A curious part is that tuple conversions are standard conversions regardless whether their underlying conversions are standard or not. The underlying conversions could even themselves be user defined conversions.
This is a case where the conversion classification is not “distributed” to the underlying conversions. Turns out that for the purpose of limiting the search space, such requirement is unnecessary. - at the top we still have a chain of conversions no longer than 2, and underlying element conversions, even if user-defined, cannot nest indefinitely, because tuples cannot nest indefinitely.

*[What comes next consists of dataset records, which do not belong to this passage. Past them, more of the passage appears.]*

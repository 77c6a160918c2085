//! Threads that wait for an id.

use crate::listed_upstream::ListedUpstream;
use std::alloc::Global;
use std::sync::Wait;
use std::test::Fail;
use std::thread;
use std::thread::Threads;
use std::time::{Clock, Duration, Instant};
use upstream_fetching::{Asked, FetchQueue};

/// The milliseconds in which a thread begins to wait.
const PAUSE: u64 = 50;

/// Returns what a thread that waits gets while another ends the queue.
fn next_at_the_end<R: Threads + Wait + Clock + Sync>(
    rt: &R,
    queue: &FetchQueue<ListedUpstream>,
) -> Option<u32> {
    let (next, _end) = thread::join(
        rt,
        || queue.next(rt),
        || {
            thread::sleep(rt, Duration::from_millis(PAUSE));
            queue.end(rt);
        },
    );
    next
}

/// Returns what a thread that waits gets while another asks for an id, and what that one is answered.
fn next_when_asked<R: Threads + Wait + Clock + Sync>(
    rt: &R,
    queue: &FetchQueue<ListedUpstream>,
    id: u32,
    now: Instant,
) -> (Option<u32>, Asked) {
    thread::join(
        rt,
        || queue.next(rt),
        || {
            thread::sleep(rt, Duration::from_millis(PAUSE));
            queue.ask(rt, id, now, None)
        },
    )
}

/// Returns whether a thread that waits is woken by an id that is asked for, and by the end of the queue.
fn is_woken<R: Threads + Wait + Clock + Sync>(rt: &R, alloc: Global, now: Instant) -> bool {
    let queue = FetchQueue::new(alloc);
    let (next, asked) = next_when_asked(rt, &queue, 7, now);
    next == Some(7) && asked == Asked::Waits && next_at_the_end(rt, &queue).is_none()
}

#[test]
fn a_thread_that_waits_is_woken(rt: HostRuntime) -> Result<(), Fail> {
    assert!(rt; is_woken(&rt, rt.alloc(), Instant::now(&rt)?));
    Ok(())
}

It does, however, allow for some interesting scenarios.

Example:
(implicit expanding into nested tuples of any level)

using System;
class C
{
    static void Main()
    {
        C1 y = new C1();   

        // `C1` converts to `(byte, C1)`, and thus to `(int, C1)` too.
        // `C1` converts to `(byte, byte)`, and thus to `(int, int)` too.
        // as a result `C1` converts to  types like `(int, (int, ...))`
        // regardless of how deeply they are nested
        (int, (int, (int, (int, (int, (int, (int, (int, (int, (int, (int, int))))))))))) x12 = y;
        System.Console.WriteLine(x12);
    }

    class C1
    {
        private byte x;

        static public implicit operator (byte, C1)(C1 arg)
        {
            return ((byte)(arg.x++), arg);
        }

        static public implicit operator (byte c, byte d)(C1 arg)
        {
            return ((byte)(arg.x++), (byte)(arg.x++));
        }
    }
}

prints:
(0, (1, (2, (3, (4, (5, (6, (7, (8, (9, (10, 11)))))))))))

Tuple conversions and extension methods

Another interesting example of “distributed” conversion classification in tuples involves applicability checks for extension method receivers.

Generally an expression is acceptable as a receiver of an extension method call if the extension method targets the type of that expression or any of its base types or implemented interfaces.

From a more formal point of view an expression is applicable as a receiver of an extension method if it is convertible to the type of the instance parameter via:

  • identity conversion
  • implicit reference conversion
  • implicit boxing conversion

Based just on that an extension method defined on object would be applicable to an expression of type (int[], int[]). However an extension defined on (IEnumerable<int>, IEnumerable<int>) would not be applicable. Early users of the feature indicated that such limitation is unexpected and inconvenient (see bug 16159).

The solution was to add implicit tuple conversions to the set of allowed instance conversions, but require that all underlying element conversions are valid instance conversions. I.E. the instance conversion rule became distributed and recursive in a case of tuples.

Examples:


using System;
using System.Collections.Generic;

class C
{
    static void Main()
    {
        // ok,  
        // `string` has implicit reference conversion to `IEnumerable<char>`
        ("hello", "hi").M1();

        // ok
        // `int` has implicit boxing conversion to `object`
        (1, (2, 3)).M2();

        // ok
        // the first element is convertible as a whole
        // the second element is convertible recursively
        (("hi", "hello"), (2, 3)).M2();
    }
}

static class C1
{
    public static void M1(this (IEnumerable<char>, IEnumerable<char>) arg)
    {
        Console.WriteLine("M1");
    }

    public static void M2(this (object, (object, object)) arg)
    {
        Console.WriteLine("M2");
    }
}

Why so complicated?

Conversions is a pervasive and complicated aspect of the language. Some degree of complexity is unavoidable when a feature needs to work with conversions and behave in a consistent and predictable manner.

Integration with conversions is often cited as contributing a good portion of the famous “minus 100 points” penalty that applies to every new language feature and needs to be balanced out with benefits.